Trump, characteristically, refused to grant Barr this fig leaf. Barr, characteristically, gave Trump what he wanted anyway.
But Barr also ultimately tried to jump off the train at the very end when Trump’s legal-coup attempt was going off the rails. And because Barr had been given the impossible task of producing legal evidence that Trump had won the election, he became a central scapegoat in Trump’s narrative of betrayal.
And so Barr left the administration paradoxically occupying both ends of the moral scale, one of Trump’s most loyal enablers and his most detested apostate.
Barr’s whole strategy since leaving the administration has been to reframe his service as a strategic effort to advance conservative-movement principles. Barr called Trump unfit and incompetent and pushed Republicans to choose a more effective nominee. His grounds for opposing Trump always pointed toward an eventual reconciliation, though. He opposed his former boss not on the grounds of being an authoritarian but on the grounds of being too ineffective.

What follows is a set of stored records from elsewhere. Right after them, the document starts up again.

//! How many bytes a line has, and which, as they are reported.

ghost use Rattle.std.specs.Prelude.{◌≡◌, ◌++◌, Some};
ghost use Rattle.std.specs.Fmt.{WritesOnOk};
ghost use Rattle.etcs_log.specs.Notes.{byte_text, count_of, count_text, named_text, plural};

use etcs_reasons::inner::byte_at;
use std::fmt;

/// How many bytes there are.
#[derive(Clone, Copy)]
pub(crate) struct ByteCount {
    pub(crate) count: usize,
    /// The first four of them, and zeros after the end.
    first: [u8; 4],
    /// Whether the first ones are named.
    named: bool,
}

impl ByteCount {
    /// As many as these.
    pub(crate) fn of(named: bool, bytes: &[u8]) -> ByteCount
        ensures { result ≡ count_of named bytes.now }
    {
        ByteCount {
            count: bytes.len(),
            first: [
                byte_at(bytes, 0),
                byte_at(bytes, 1),
                byte_at(bytes, 2),
                byte_at(bytes, 3),
            ],
            named,
        }
    }
}

/// A byte as two digits.
#[derive(Clone, Copy)]
struct HexByte(u8);

impl fmt::Display for HexByte {
    ghost output = { λ byte. Some (byte_text byte.0) };

    fn fmt<W: fmt::Write>(&self, f: &mut fmt::Formatter<W>) -> fmt::Result {
        write!(f, "{:X}{:X}", self.0 / 16, self.0 % 16)
    }
}

/// The ending of a noun after this number.
pub(crate) fn plural(count: usize) -> &'static str
    ensures { result.now ≡ plural count }
{
    if count == 1 { "" } else { "s" }
}

/// Writes the first bytes, up to four, and two dots if there are more.
#[tactic(auto, using(std::proofs::Common::append_assoc), unfolding(crate::specs::Notes::named_text))]
fn write_named<W: fmt::Write>(count: &ByteCount, f: &mut fmt::Formatter<W>) -> fmt::Result
    ensures { WritesOnOk W.write_str_gives f.old result (named_text count.now) f.new }
{
    let (first, second) = (HexByte(count.first[0]), HexByte(count.first[1]));
    let (third, fourth) = (HexByte(count.first[2]), HexByte(count.first[3]));
    match count.count {
        1 => write!(f, " ({first})"),
        2 => write!(f, " ({first}{second})"),
        3 => write!(f, " ({first}{second}{third})"),
        4 => write!(f, " ({first}{second}{third}{fourth})"),
        _ => write!(f, " ({first}{second}{third}{fourth}..)"),
    }
}

impl fmt::Display for ByteCount {
    ghost output = { λ count. Some (count_text count) };

    #[tactic(auto, using(std::proofs::Common::append_assoc), unfolding(crate::specs::Notes::count_text))]
    fn fmt<W: fmt::Write>(&self, f: &mut fmt::Formatter<W>) -> fmt::Result {
        write!(f, "{} byte{}", self.count, plural(self.count))?;
        if !self.named {
            return Ok(());
        }
        write_named(self, f)
    }
}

It was awkward, of course, to formally endorse a man whom he had described as operating not unlike a small child given terrifying powers. Barr’s way of squaring the circle intellectually was to insist that the Democrats were worse. (He has insisted another Biden term would amount to “national suicide.”) Barr was a principled constitutional conservative, manipulating Trump for the right-wing cause as best as he could manage.

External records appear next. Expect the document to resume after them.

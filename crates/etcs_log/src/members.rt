//! What is reported of a line, as members of an object of JSON.

ghost use Rattle.std.specs.Prelude.{◌≡◌, ◌++◌, OnOk, string_bytes};
ghost use Rattle.etcs_log.specs.Notes.{cause_name, here_members, members, number_member, refusal_members};

use crate::kinds::kind_name;
use crate::notes::Note;
use etcs_reasons::inner::user_bits;
use etcs_rows::{Cause, Here, Refusal};
use std::alloc::AllocError;

/// What a cause is called.
fn cause_name(cause: Cause) -> &'static str
    ensures { result.now ≡ cause_name cause }
{
    match cause {
        Cause::Spare => "spare",
        Cause::Unfit(_) => "unfit",
    }
}

/// Appends a number, if there is one.
///
/// # Errors
///
/// If memory runs out.
#[tactic(auto, using(std::proofs::Common::append_assoc), unfolding(crate::specs::Notes::number_member))]
fn write_number(name: &str, number: Option<u64>, out: &mut String) -> Result<(), AllocError>
    ensures { OnOk result (string_bytes out.new ≡ string_bytes out.old ++ number_member name.now number) }
{
    match number {
        Some(number) => write!(out, ",\"{name}\":{number}"),
        None => Ok(()),
    }
}

/// Appends the message or packet whose length is refused, and how many bits are left.
///
/// # Errors
///
/// If memory runs out.
#[tactic(auto, using(std::proofs::Common::append_assoc), unfolding(crate::specs::Notes::here_members))]
fn write_here(here: &Here, out: &mut String) -> Result<(), AllocError>
    ensures { OnOk result (string_bytes out.new ≡ string_bytes out.old ++ here_members here.now) }
{
    match here {
        Here::Any => Ok(()),
        Here::MessageLength(_, nid) => write!(out, ",\"message\":{nid}"),
        Here::PacketNumber(_, room) => write!(out, ",\"room\":{room}"),
        Here::PacketLength(_, nid, room) => write!(out, ",\"packet\":{nid},\"room\":{room}"),
        Here::Row(nid, _, room) => write!(out, ",\"packet\":{nid},\"room\":{room}"),
    }
}

/// Appends where and why a bit is refused.
///
/// # Errors
///
/// If memory runs out. A part of the text may then be in `out`.
#[tactic(auto, using(std::proofs::Common::append_assoc), unfolding(crate::specs::Notes::refusal_members))]
fn write_refusal(refusal: &Refusal, out: &mut String) -> Result<(), AllocError>
    ensures { OnOk result (string_bytes out.new ≡ string_bytes out.old ++ refusal_members refusal.now) }
{
    write!(
        out,
        ",\"bit\":{},\"variable\":\"{}\",\"cause\":\"{}\"",
        refusal.bit,
        refusal.var,
        cause_name(refusal.cause)
    )?;
    write_number("number", refusal.number, out)?;
    write_number("below", refusal.below, out)?;
    write_number("above", refusal.above, out)?;
    write_here(&refusal.here, out)
}

/// Appends the members that report why a line is no item.
///
/// # Errors
///
/// If memory runs out. A part of the text may then be in `out`.
#[tactic(auto, using(std::proofs::Common::append_assoc), unfolding(crate::specs::Notes::members))]
pub(crate) fn write_members(note: &Note, out: &mut String) -> Result<(), AllocError>
    ensures { OnOk result (string_bytes out.new ≡ string_bytes out.old ++ members note.now) }
{
    match note {
        Note::TooLong => out.push_str(",\"cause\":\"too long\""),
        Note::NoDigits => out.push_str(",\"cause\":\"no digits\""),
        Note::OddDigits(count) => write!(out, ",\"cause\":\"odd digits\",\"digits\":{count}"),
        Note::Bytes(_, bytes) => write!(out, ",\"cause\":\"bytes\",\"bytes\":{}", bytes.count),
        Note::Refused(kind, refusal) => {
            write!(out, ",\"kind\":\"{}\"", kind_name(*kind))?;
            write_refusal(refusal, out)
        }
        Note::Other(bytes) => write!(out, ",\"cause\":\"other\",\"bytes\":{}", bytes.count),
        Note::OtherBits(kind) => {
            write!(out, ",\"cause\":\"other\",\"bits\":{}", user_bits(*kind))
        }
        Note::Another(bytes) => {
            write!(out, ",\"cause\":\"another item\",\"bytes\":{}", bytes.count)
        }
    }
}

Barr’s way of handling the optics and tone of his surrender was to endorse Trump without using his name. “I’ve said all along given two bad choices, I think it’s my duty to pick the person I think would do the least harm to the country, and in my mind, that’s — I will vote the Republican ticket,” Barr explained. “I’ll support the Republican ticket.”
I suspect it was that tiny act of independence — endorsing his former boss without uttering his name — that made Trump determined to punish Barr. Trump is ignorant in most ways, but he has a keen sense of submission and defiance, and he could detect that Barr was withholding the full measure of prostration he demands.
Barr was attempting to cast his endorsement as a deal between equals. Trump could accept only one place for Barr, and that was at his feet.